**Task instructions:**
Keeping each line exactly as it is, output all of the records.

(Collection entries)
------------------------------------------------------------

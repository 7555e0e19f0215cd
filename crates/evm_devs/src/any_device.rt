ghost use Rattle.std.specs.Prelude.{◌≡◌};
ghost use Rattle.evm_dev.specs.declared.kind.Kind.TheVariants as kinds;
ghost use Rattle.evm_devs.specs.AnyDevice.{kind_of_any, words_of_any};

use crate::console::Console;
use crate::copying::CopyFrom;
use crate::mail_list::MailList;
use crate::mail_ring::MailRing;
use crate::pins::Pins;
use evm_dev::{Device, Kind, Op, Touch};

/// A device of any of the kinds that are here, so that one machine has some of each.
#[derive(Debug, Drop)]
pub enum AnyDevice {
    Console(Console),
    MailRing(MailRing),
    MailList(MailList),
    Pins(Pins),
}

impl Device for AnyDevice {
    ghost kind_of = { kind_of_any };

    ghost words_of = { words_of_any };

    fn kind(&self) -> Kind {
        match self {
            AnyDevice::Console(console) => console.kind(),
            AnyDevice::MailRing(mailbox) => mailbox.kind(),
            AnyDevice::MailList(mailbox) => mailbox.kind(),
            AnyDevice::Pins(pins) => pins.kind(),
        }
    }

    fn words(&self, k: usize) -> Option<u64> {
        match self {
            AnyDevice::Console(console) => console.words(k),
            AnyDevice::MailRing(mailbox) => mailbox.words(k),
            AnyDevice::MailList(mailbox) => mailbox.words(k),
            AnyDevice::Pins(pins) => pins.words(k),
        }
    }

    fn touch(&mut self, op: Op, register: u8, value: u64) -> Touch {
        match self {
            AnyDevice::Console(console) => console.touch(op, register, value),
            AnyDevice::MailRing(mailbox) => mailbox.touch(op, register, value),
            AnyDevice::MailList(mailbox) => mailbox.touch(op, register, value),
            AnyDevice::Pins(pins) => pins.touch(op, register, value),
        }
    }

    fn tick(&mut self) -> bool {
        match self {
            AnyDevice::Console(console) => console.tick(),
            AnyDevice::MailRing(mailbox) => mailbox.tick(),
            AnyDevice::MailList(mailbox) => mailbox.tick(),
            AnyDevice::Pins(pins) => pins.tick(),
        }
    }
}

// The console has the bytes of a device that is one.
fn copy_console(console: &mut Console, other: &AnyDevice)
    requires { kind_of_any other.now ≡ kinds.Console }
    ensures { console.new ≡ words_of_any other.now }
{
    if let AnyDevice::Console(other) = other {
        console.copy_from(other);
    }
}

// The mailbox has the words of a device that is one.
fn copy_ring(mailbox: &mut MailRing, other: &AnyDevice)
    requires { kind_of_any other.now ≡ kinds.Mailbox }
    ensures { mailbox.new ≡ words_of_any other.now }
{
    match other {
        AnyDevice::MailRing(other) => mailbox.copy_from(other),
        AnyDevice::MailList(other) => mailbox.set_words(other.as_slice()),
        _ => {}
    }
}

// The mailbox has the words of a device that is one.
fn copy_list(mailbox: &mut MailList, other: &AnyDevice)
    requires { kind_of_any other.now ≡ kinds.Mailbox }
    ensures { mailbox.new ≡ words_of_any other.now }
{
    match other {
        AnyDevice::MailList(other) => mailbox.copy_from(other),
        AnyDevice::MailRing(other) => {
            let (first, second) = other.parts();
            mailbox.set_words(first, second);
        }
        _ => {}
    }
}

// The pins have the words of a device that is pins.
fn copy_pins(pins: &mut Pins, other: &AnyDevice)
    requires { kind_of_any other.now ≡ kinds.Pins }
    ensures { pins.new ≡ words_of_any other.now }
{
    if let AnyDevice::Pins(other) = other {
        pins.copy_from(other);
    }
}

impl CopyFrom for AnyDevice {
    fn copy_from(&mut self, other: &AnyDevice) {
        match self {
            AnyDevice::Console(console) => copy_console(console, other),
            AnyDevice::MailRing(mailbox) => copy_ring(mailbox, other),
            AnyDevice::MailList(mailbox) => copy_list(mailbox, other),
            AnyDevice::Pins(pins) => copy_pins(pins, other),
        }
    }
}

------------------------------------------------------------

**Response to the exercise:**
repository 7555e0e19f0215cd
filename crates/evm_devs/src/any_device.rt
ghost use Rattle.std.specs.Prelude.{◌≡◌};
ghost use Rattle.evm_dev.specs.declared.kind.Kind.TheVariants as kinds;
ghost use Rattle.evm_devs.specs.AnyDevice.{kind_of_any, words_of_any};

use crate::console::Console;
use crate::copying::CopyFrom;
use crate::mail_list::MailList;
use crate::mail_ring::MailRing;
use crate::pins::Pins;
use evm_dev::{Device, Kind, Op, Touch};

/// A device of any of the kinds that are here, so that one machine has some of each.
#[derive(Debug, Drop)]
pub enum AnyDevice {
    Console(Console),
    MailRing(MailRing),
    MailList(MailList),
    Pins(Pins),
}

impl Device for AnyDevice {
    ghost kind_of = { kind_of_any };

    ghost words_of = { words_of_any };

    fn kind(&self) -> Kind {
        match self {
            AnyDevice::Console(console) => console.kind(),
            AnyDevice::MailRing(mailbox) => mailbox.kind(),
            AnyDevice::MailList(mailbox) => mailbox.kind(),
            AnyDevice::Pins(pins) => pins.kind(),
        }
    }

    fn words(&self, k: usize) -> Option<u64> {
        match self {
            AnyDevice::Console(console) => console.words(k),
            AnyDevice::MailRing(mailbox) => mailbox.words(k),
            AnyDevice::MailList(mailbox) => mailbox.words(k),
            AnyDevice::Pins(pins) => pins.words(k),
        }
    }

    fn touch(&mut self, op: Op, register: u8, value: u64) -> Touch {
        match self {
            AnyDevice::Console(console) => console.touch(op, register, value),
            AnyDevice::MailRing(mailbox) => mailbox.touch(op, register, value),
            AnyDevice::MailList(mailbox) => mailbox.touch(op, register, value),
            AnyDevice::Pins(pins) => pins.touch(op, register, value),
        }
    }

    fn tick(&mut self) -> bool {
        match self {
            AnyDevice::Console(console) => console.tick(),
            AnyDevice::MailRing(mailbox) => mailbox.tick(),
            AnyDevice::MailList(mailbox) => mailbox.tick(),
            AnyDevice::Pins(pins) => pins.tick(),
        }
    }
}

// The console has the bytes of a device that is one.
fn copy_console(console: &mut Console, other: &AnyDevice)
    requires { kind_of_any other.now ≡ kinds.Console }
    ensures { console.new ≡ words_of_any other.now }
{
    if let AnyDevice::Console(other) = other {
        console.copy_from(other);
    }
}

// The mailbox has the words of a device that is one.
fn copy_ring(mailbox: &mut MailRing, other: &AnyDevice)
    requires { kind_of_any other.now ≡ kinds.Mailbox }
    ensures { mailbox.new ≡ words_of_any other.now }
{
    match other {
        AnyDevice::MailRing(other) => mailbox.copy_from(other),
        AnyDevice::MailList(other) => mailbox.set_words(other.as_slice()),
        _ => {}
    }
}

// The mailbox has the words of a device that is one.
fn copy_list(mailbox: &mut MailList, other: &AnyDevice)
    requires { kind_of_any other.now ≡ kinds.Mailbox }
    ensures { mailbox.new ≡ words_of_any other.now }
{
    match other {
        AnyDevice::MailList(other) => mailbox.copy_from(other),
        AnyDevice::MailRing(other) => {
            let (first, second) = other.parts();
            mailbox.set_words(first, second);
        }
        _ => {}
    }
}

// The pins have the words of a device that is pins.
fn copy_pins(pins: &mut Pins, other: &AnyDevice)
    requires { kind_of_any other.now ≡ kinds.Pins }
    ensures { pins.new ≡ words_of_any other.now }
{
    if let AnyDevice::Pins(other) = other {
        pins.copy_from(other);
    }
}

impl CopyFrom for AnyDevice {
    fn copy_from(&mut self, other: &AnyDevice) {
        match self {
            AnyDevice::Console(console) => copy_console(console, other),
            AnyDevice::MailRing(mailbox) => copy_ring(mailbox, other),
            AnyDevice::MailList(mailbox) => copy_list(mailbox, other),
            AnyDevice::Pins(pins) => copy_pins(pins, other),
        }
    }
}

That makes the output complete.